*** Opening of Source information ***

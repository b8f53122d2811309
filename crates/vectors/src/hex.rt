// Bytes written in hexadecimal.
ghost use Rattle.std.specs.Prelude.{◌≡◌, ℕ, List, IfOk, Err};
ghost use Rattle.vectors.specs.Hex.{hex_value, pair_value, Spells};

use crate::fault::Fault;
use std::alloc::Global;

// The value of a digit, 0 to 9 or a to f; `char::to_digit` takes A to F too.
fn hex_value(b: u8) -> Option<u8>
    ensures { result ≡ hex_value b }
{
    match b {
        b'0'..=b'9' => Some(b - b'0'),
        b'a'..=b'f' => Some(b - b'a' + 10),
        _ => None,
    }
}

// The byte that two digits spell.
fn byte(high: u8, low: u8) -> Option<u8>
    ensures { result ≡ pair_value (hex_value high) (hex_value low) }
{
    Some(16 * hex_value(high)? + hex_value(low)?)
}

// The bytes that `text` spells, two digits each.
pub fn decode(heap: Global, text: &[u8]) -> Result<Vec<u8>, Fault>
    ensures bytes { IfOk result (λ v. Spells text.now v.items) }
    ensures refused { result ≡ Err Fault.Hex → (bytes : List ℕ) → ¬ (Spells text.now bytes) }
{
    let (pairs, odd) = text.as_chunks::<2>();
    if !odd.is_empty() {
        return Err(Fault::Hex);
    }
    let mut bytes = Vec::new(heap);
    for &[high, low] in pairs {
        bytes.push(byte(high, low).ok_or(Fault::Hex)?)?;
    }
    Ok(bytes)
}
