// Runs published vectors of SHA-256 and HMAC-SHA-256, and compares each result with the published one.
// The arguments are a file of digests and a file of HMACs.
#![tactic(auto)]

mod fault;
mod hex;
mod vector;

use anyhow::anyhow;
use fault::Fault;
use std::alloc::Global;
use std::{env, fmt, fs};
use vector::{Outcome, judge_digest, judge_hmac, passed_over};

// How many lines held a vector, how many of these differ, and how many lines were passed over.
#[derive(Clone, Copy, Default, Drop)]
struct Count {
    vectors: u64,
    differ: u64,
    passed: u64,
}

impl Count {
    fn pass_over(&mut self) {
        self.passed = self.passed.saturating_add(1);
    }

    fn add(&mut self, outcome: Outcome) {
        self.vectors = self.vectors.saturating_add(1);
        self.differ = self.differ.saturating_add(u64::from(!outcome.agrees));
    }
}

impl fmt::Display for Count {
    fn fmt<W: fmt::Write>(&self, f: &mut fmt::Formatter<W>) -> fmt::Result {
        write!(
            f,
            "{} vectors, {} differ; {} lines passed over",
            self.vectors, self.differ, self.passed
        )
    }
}

// A line's vector, run and compared.
fn judge<F: Fn(Global, &[&str]) -> Result<Outcome, Fault>>(
    heap: Global,
    line: &str,
    by: &F,
) -> Result<Outcome, Fault>
    requires { F.IsAlwaysCallable by.now }
{
    let words: Vec<&str> = line.split(' ').collect(heap)?;
    by(heap, &words)
}

// Runs the vectors of a file, and prints a line for each: file, name, length of the text, and `ok` or `DIFFERS`.
fn run_file<F: Fn(Global, &[&str]) -> Result<Outcome, Fault>>(
    rt: &HostRuntime,
    file: &str,
    by: F,
    count: &mut Count,
) -> anyhow::Result<()>
    requires { F.IsAlwaysCallable by }
{
    let text = fs::read_to_string(rt, file)?;
    for (number, line) in (1u64..).zip(text.lines()) {
        if passed_over(line) {
            count.pass_over();
            continue;
        }
        let outcome = judge(rt.alloc(), line, &by).map_err(|fault| anyhow!(
            "\"{file}, line {number}: {fault}\""
        ))?;
        let name = line.split(' ').next().unwrap_or("");
        println!(rt; "{file} {name} {outcome}")?;
        count.add(outcome);
    }
    Ok(())
}

fn run(rt: &HostRuntime) -> anyhow::Result<()> {
    let mut args = env::args(rt)?.skip(1);
    let digests = args
        .next()
        .ok_or_else(|| anyhow!("\"no file of digests\""))?;
    let hmacs = args.next().ok_or_else(|| anyhow!("\"no file of HMACs\""))?;
    let mut count = Count::default();
    run_file(rt, digests.as_str(), judge_digest, &mut count)?;
    run_file(rt, hmacs.as_str(), judge_hmac, &mut count)?;
    println!(rt; "{count}")?;
    if count.differ != 0 {
        return Err(anyhow!("\"a result is not the published one\""));
    }
    Ok(())
}

fn main(rt: HostRuntime) -> anyhow::Result<()> {
    run(&rt)
}
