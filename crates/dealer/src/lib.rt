// The writers of SU and DE, which know no run: each record is written whole into a buffer that the caller lends, or refused with the buffer as it was.
#![tactic(auto)]

ghost use Rattle.std.specs.Prelude.{◌≡◌, true, ◌+◌, ◌*◌, ◌≤◌, length, get_or, eqb};
ghost use Rattle.lists.specs.Tests.{pick, all_to};
ghost use Rattle.field.specs.Definitions.{scalar, is_scalar};
ghost use Rattle.rows.specs.Definitions.{most_scalars};
ghost use Rattle.parameters.specs.Definitions.{in_bounds, quorum};
ghost use Rattle.refusals.specs.Numbers.{number_of};
ghost use Rattle.encoding.specs.Bytes.{fours};
ghost use Rattle.arrays.specs.Arrays.{scalars};
ghost use Rattle.dealer.specs.Dealt.{setup_refused, setup_bytes, dealing_refused, share_for, dealing_bytes};

use field::{Element, Scalar};
use refusals::Refusal;
use rows::ROW;

// Whether every number of a list is a scalar.
fn all_scalars(list: &[u32]) -> bool
    ensures { result ≡ all_to (length list.now) (λ i. is_scalar (get_or list.now i 0)) }
{
    list.iter().all(|&x| Scalar::accepts(x))
}

// The numbers of a list as scalars.
fn load_scalars(list: &[u32]) -> [Scalar; ROW]
    requires { length list.now ≤ most_scalars }
    ensures { result ≡ scalars (length list.now) (λ i. scalar (get_or list.now i 0)) }
{
    let mut values = [Scalar::ZERO; ROW];
    for (i, &x) in list.iter().enumerate() {
        values[i] = Scalar(x);
    }
    values
}

#[tactic(auto, unfolding(crate::specs::Dealt::setup_refused, lists::specs::Tests::require))]
fn setup_refused(n: u8, t: u8, a: u8, s: u32, shares: &[u32], room: usize) -> Result<(), Refusal>
    ensures { number_of result ≡ setup_refused n t a s shares.now room }
{
    if !parameters::in_bounds(n, t, a) {
        return Err(Refusal::OutOfBounds);
    }
    if shares.len() != t as usize {
        return Err(Refusal::WrongCount);
    }
    if !Scalar::accepts(s) {
        return Err(Refusal::NotScalar);
    }
    if !all_scalars(shares) {
        return Err(Refusal::NotScalar);
    }
    let none = s == 0;
    if none {
        return Err(Refusal::IdentityKey);
    }
    if room != records::setup_length(t) {
        return Err(Refusal::WrongRoom);
    }
    Ok(())
}

// SU, from n, t, a, s and F(1) to F(t). For s = 0 the key would be the identity.
pub fn write_setup(
    n: u8,
    t: u8,
    a: u8,
    s: u32,
    shares: &[u32],
    out: &mut [u8],
) -> Result<(), Refusal>
    ensures number { number_of result ≡ setup_refused n t a s shares.now (length out.old) }
    ensures bytes { out.new ≡ pick (eqb (number_of result) 0) (setup_bytes n t a s shares.now) out.old }
{
    setup_refused(n, t, a, s, shares, out.len())?;
    let (head, keys) = out.split_at_mut(6);
    let (first, others) = keys.split_at_mut(4);
    head.copy_from_slice(&[b'S', b'U', n, t, a, 0]);
    let key = Element::GENERATOR.pow(Scalar(s));
    encoding::put(first, key.0);
    encoding::put_powers(others, shares);
    Ok(())
}

#[tactic(auto, unfolding(crate::specs::Dealt::dealing_refused, lists::specs::Tests::require))]
fn dealing_refused(n: u8, t: u8, a: u8, i: u8, values: &[u32], room: usize) -> Result<(), Refusal>
    ensures { number_of result ≡ dealing_refused n t a i values.now room }
{
    if !parameters::in_bounds(n, t, a) {
        return Err(Refusal::OutOfBounds);
    }
    if !parameters::is_party(n, i) {
        return Err(Refusal::NoParty);
    }
    if values.len() != parameters::quorum(t, a) as usize {
        return Err(Refusal::WrongCount);
    }
    if !all_scalars(values) {
        return Err(Refusal::NotScalar);
    }
    if room != records::dealing_length(n, t, a) {
        return Err(Refusal::WrongRoom);
    }
    Ok(())
}

// The shares of a dealing for 1 to n.
fn put_shares(out: &mut [u8], n: u8, t: u8, a: u8, values: &[u32])
    requires { (in_bounds n t a ≡ true) × (length values.now ≡ quorum t a) × (length out.old ≡ 4 * n) }
    ensures { out.new ≡ fours n (λ j. (share_for t a values.now (j + 1)).0) }
{
    let list = load_scalars(values);
    let points = points::committed_points(a, parameters::quorum(t, a) as u8);
    encoding::put_each(out, n, |j| {
        let weights = points.weights(points::point(j, 0));
        weights.sum(list).0
    });
}

// DE, from n, t, a, i and the values of H_i at its committed points.
pub fn write_dealing(
    n: u8,
    t: u8,
    a: u8,
    i: u8,
    values: &[u32],
    out: &mut [u8],
) -> Result<(), Refusal>
    ensures number { number_of result ≡ dealing_refused n t a i values.now (length out.old) }
    ensures bytes { out.new ≡ pick (eqb (number_of result) 0) (dealing_bytes n t a i values.now) out.old }
{
    dealing_refused(n, t, a, i, values, out.len())?;
    let (head, rest) = out.split_at_mut(4);
    let (committed, shares) = rest.split_at_mut(4 * values.len());
    head.copy_from_slice(&[b'D', b'E', i, 0]);
    encoding::put_powers(committed, values);
    put_shares(shares, n, t, a, values);
    Ok(())
}
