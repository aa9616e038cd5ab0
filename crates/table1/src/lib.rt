// The ten queues of Table 1 in the area that holds them: slots come in, leave, and move over.
#![tactic(auto)]

ghost use Rattle.std.specs.Prelude.{◌≡◌, ℕ, List, ◌+◌, ◌-◌, ◌<◌, ◌≤◌};
ghost use Rattle.std.specs.Borrow.{MutBor};
ghost use Rattle.rules.specs.Board.{Mask, free, board8};
ghost use Rattle.rules.specs.Tick.{is_early};
ghost use Rattle.choose.specs.Grants.{grant_of, grant_at};
ghost use Rattle.queues.specs.Table1.{before};
ghost use Rattle.queues.specs.Area.{queue_at, put_queue, inserted};
ghost use Rattle.queues.specs.Area as Area;
ghost use Rattle.queues.specs.Engine as Engine;
ghost use Rattle.table1.specs.Firsts.{slot_of};
ghost use Rattle.table1.specs.Sorts.{early_of};

use choose::Grant;
use layout::{Field, Port, Router, SlotAddress, State};
use std::ops::Range;

// The area's bytes, a queue of each sort for each port.
pub const LENGTH: usize = 2580;

pub type Queues = [u8; LENGTH];

// The sorts of a port's queues, and of a slot.
#[derive(Clone, Copy, PartialEq, Eq)]
pub enum Sort {
    OnTime,
    Early,
}

impl Sort {
    // A slot's sort.
    pub fn of(state: &[u8], s: SlotAddress) -> Sort
        ensures { early_of result ≡ is_early board8 state.now s.0 }
    {
        let early = queue::is_early(state, s);
        if early { Sort::Early } else { Sort::OnTime }
    }
}

// Where the queue of a port and a sort stands.
pub fn place(port: Port, sort: Sort) -> usize
    ensures start { result ≡ queue_at port.index (early_of sort) }
    ensures within { result + 258 ≤ 2580 }
{
    let on_time = 2 * queue::LENGTH * (port.index as usize);
    match sort {
        Sort::OnTime => on_time,
        Sort::Early => on_time + queue::LENGTH,
    }
}

// Its bytes in the area.
fn span(port: Port, sort: Sort) -> Range<usize>
    ensures start { result.start ≡ queue_at port.index (early_of sort) }
    ensures end { (result.end ≡ result.start + 258) × (result.end ≤ 2580) }
{
    let start = place(port, sort);
    start..start + queue::LENGTH
}

// The queue of a port and a sort.
pub fn part(queues: &Queues, port: Port, sort: Sort) -> &[u8]
    ensures { result.now ≡ Area.queue queues.now port.index (early_of sort) }
{
    &queues[span(port, sort)]
}

// The first of the queue of a port and a sort.
pub fn front(queues: &Queues, port: Port, sort: Sort) -> Option<SlotAddress>
    ensures { slot_of result ≡ Engine.first (Area.queue queues.now port.index (early_of sort)) }
{
    let queue = part(queues, port, sort);
    let last = queue::size(queue).checked_sub(1)?;
    Some(queue::entry(queue, last))
}

// Slot s comes into the queue of a port and a sort.
fn insert(queues: &mut Queues, state: &[u8], s: SlotAddress, port: Port, sort: Sort)
    ensures { queues.new ≡ put_queue port.index (early_of sort) (inserted (before board8 state.now) s.0 (Area.queue queues.old port.index (early_of sort))) queues.old }
{
    queue::insert(&mut queues[span(port, sort)], state, s);
}

// A step at each port, one port after the other.
fn each_port<F: Fn(&mut Queues, Port)>(queues: &mut Queues, step: F)
    requires { (x : _) (p : _) → F.pre step x p }
    ensures { (f : ℕ → List ℕ → List ℕ) → ((x y : MutBor (List ℕ)) (p : Port) → F.post step x p tt y → y.now ≡ f p.index x.now) → queues.new ≡ Engine.each_port f 5 queues.old }
{
    for index in 0..Port::COUNT {
        step(queues, Port { index });
    }
}

// Slot s comes into a port's queue of its sort, if its mask has the port.
fn enter_port(queues: &mut Queues, state: &[u8], s: SlotAddress, mask: u8, sort: Sort, port: Port)
    requires { (mask ≡ board8.get state.now (Mask, s.0)) × (early_of sort ≡ is_early board8 state.now s.0) }
    ensures { queues.new ≡ Engine.enter board8 state.now s.0 port.index queues.old }
{
    if layout::has_port(mask, port) {
        insert(queues, state, s, port, sort);
    }
}

// Slot s comes into the queue of its sort of every port of its mask.
fn enter(queues: &mut Queues, state: &[u8], s: SlotAddress)
    ensures { queues.new ≡ Engine.entered board8 state.now s.0 queues.old }
{
    let mask = layout::get(state, Field::Mask(s));
    if mask == 0 {
        return;
    }
    let sort = Sort::of(state, s);
    each_port(
        queues,
        |queues, port| enter_port(queues, state, s, mask, sort, port),
    );
}

// Fills the queues from the state.
pub fn fill(queues: &mut Queues, state: &[u8])
    ensures { queues.new ≡ Engine.filled board8 state.now 256 }
{
    *queues = [0; LENGTH];
    for i in 0..Router::SLOT_COUNT {
        enter(queues, state, SlotAddress(i as u8));
    }
}

// Step 1: the slots of the packets stored, which took the stack's entries from n - 1 down.
pub fn receive(queues: &mut Queues, state: &State, n: u16)
    ensures { queues.new ≡ Engine.received board8 state.now n (n - board8.get state.now free) queues.old }
{
    for m in (layout::free_count(state)..n).rev() {
        let s = SlotAddress(layout::get(state, Field::Idle(m)));
        enter(queues, state, s);
    }
}

// The first of a queue leaves it.
fn shorten(queues: &mut Queues, port: Port, sort: Sort)
    ensures { queues.new ≡ Engine.shortened port.index (early_of sort) queues.old }
{
    queue::shorten(&mut queues[span(port, sort)]);
}

// Step 3 for one port that has this grant.
fn sent_port(queues: &mut Queues, g: Grant, port: Port)
    ensures { queues.new ≡ Engine.sent_from (grant_of g) port.index queues.old }
{
    match g {
        Grant::Nobody | Grant::BestEffort => {}
        Grant::OnTime(_) => shorten(queues, port, Sort::OnTime),
        Grant::Early(_) => shorten(queues, port, Sort::Early),
    }
}

// Step 3: what a port sends leaves its queue.
pub fn sent(queues: &mut Queues, grants: [Grant; Router::PORTS])
    ensures { queues.new ≡ Engine.each_port (λ p. Engine.sent_from (grant_at grants p) p) 5 queues.old }
{
    each_port(
        queues,
        |queues, port| sent_port(queues, grants[port.index as usize], port),
    );
}

// Step 4 for one port.
fn withdraw_port(queues: &mut Queues, state: &[u8], port: Port)
    ensures { queues.new ≡ Engine.due_from board8 state.now port.index queues.old }
{
    let n = queue::undue(part(queues, port, Sort::OnTime), state);
    queue::resize(&mut queues[span(port, Sort::OnTime)], n);
}

// Step 4: what is withdrawn leaves the queues.
pub fn withdraw(queues: &mut Queues, state: &[u8])
    ensures { queues.new ≡ Engine.each_port (Engine.due_from board8 state.now) 5 queues.old }
{
    each_port(queues, |queues, port| withdraw_port(queues, state, port));
}

// One port's slots that are not early any more move over.
fn move_port(queues: &mut Queues, state: &[u8], port: Port)
    ensures { queues.new ≡ Engine.move_over board8 state.now port.index queues.old }
{
    for j in (0..queue::size(part(queues, port, Sort::Early))).rev() {
        let s = queue::entry(part(queues, port, Sort::Early), j);
        if queue::is_early(state, s) {
            return;
        }
        shorten(queues, port, Sort::Early);
        insert(queues, state, s, port, Sort::OnTime);
    }
}

// Once the clock has advanced, the slots whose time has come move over.
pub fn move_over(queues: &mut Queues, state: &[u8])
    ensures { queues.new ≡ Engine.each_port (Engine.move_over board8 state.now) 5 queues.old }
{
    each_port(queues, |queues, port| move_port(queues, state, port));
}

*** Close of Source information ***

Prompt:
Go through the material and copy each line in which the word "comes" occurs.

Response to this exercise:
// Slot s comes into the queue of a port and a sort.
// Slot s comes into a port's queue of its sort, if its mask has the port.
// Slot s comes into the queue of its sort of every port of its mask.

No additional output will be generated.